The class has taught Dave to make sure to take time to ride his trike. Thirteen years ago, he and Voni were in a bad car accident. Dave suffered a spinal injury that makes it hard for him to ride a regular bicycle. And, he still wonders if that accident contributed to his wife’s dementia.
On a recent Friday morning, Dave got out and rode his trike, fulfilling his promise to the group in the online class.
“It meant I had to have someone be with Voni, but this was something I really wanted to do,” he said.
He did a 10-mile ride.
“It was just so relaxing and it filled my cup,” he said. “And that spills over when you feel that sense of joy and invigoration. That physical stimulation of being out in the fresh air. I don’t know if I treated her differently, I probably did when I got back. I care for her a lot — we’ve been married for 57 years. But it did give me that feeling and it carried through the rest of my day. And you realize how valuable that time was.”
Making self-care a priority for caregivers
“The biggest things are these action plans,” Pihlstrom said. “They can be daunting, but it pushes these people; gets them moving in that better direction. Part of the key to the class is becoming aware that they need to take care of themselves, and this class gives them the tools to do that.”

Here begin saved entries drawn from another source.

// The calls of the box (document 01, "The calls"), proved to do what `model` defines. `engine_c` has them for C.

#![tactic(auto)]

pub use auditor::audit::audit;
pub use calendar::backups::backups;
pub use collector::collect::collect;
pub use convert::{convert_1_2, convert_2_1, convert_2_3};
pub use counter::count::{Counted, count};
pub use fields::sizes::Sizes;
pub use figures::header::{Usage, sizes, used};
pub use figures::volume::{VolumeFigures, volume};
pub use form::check;
pub use intake::backup::{Backed, backup};
pub use recover::restore;
pub use restorer::read::{block, offset, read, read_number};
pub use retirer::retire::retire;
pub use rows::blocks::blocks;
pub use rows::cells::cells;
pub use setup::enrol::enrol;
pub use setup::format::format;
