//! Common items, and documents of them, as tables in files: inputs and answers are worked out by hand. The program reads
//! each file that its words name, asks every row at all offsets and with so many bytes behind, and prints the rows that
//! answer otherwise and how many rows there were.
#![tactic(auto)]

mod documents;
mod doors;
mod forms;

use std::{env, fs, io};
use tables::walk;

fn main(rt: HostRuntime) -> io::Result<()> {
    let mut words = env::args(&rt)?;
    let _program = words.next();
    for name in words {
        let file = fs::read_to_string(&rt, &name)?;
        let count = walk(&rt, &doors::Doors, file.as_str())?;
        println!(rt; "{name}: {count} rows")?;
    }
    Ok(())
}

Dave has followed up with what he’s learned with meditation and music, waking before his wife in the morning for a few hours of quiet reflection.
“Sitting, reflecting, you realize the value of that quiet time and spending those moments just in quietness and how meaningful that is,” he said.
And he’s started to journal again, something he’d done before but had gotten out of the habit.
“How do you deal with change and uncertainty? That’s the biggest thing for all of us as a caregiver. This whole thing — we just don’t know,” he said. “Even this morning as I was writing: I’ve got to keep it together; I’ve got strong faith and belief. I write those key points every day.”
Dave will continue to use the tools he acquired as he faces other caregiving challenges ahead. With his wife’s worsening condition, he said they have to once again consider moving out of their home.
“I’m now relooking at the option: How long can we stay here and maintain this home, inside and outside? So, I’m looking to get rid of stuff, make it a slow process instead of having to do it at an accelerated pace,” he said. “I don’t think independent living will work for us. I do think it will have to be the next level of care. It will be an adjustment for me wherever we go but we will try to live together as long as we can.”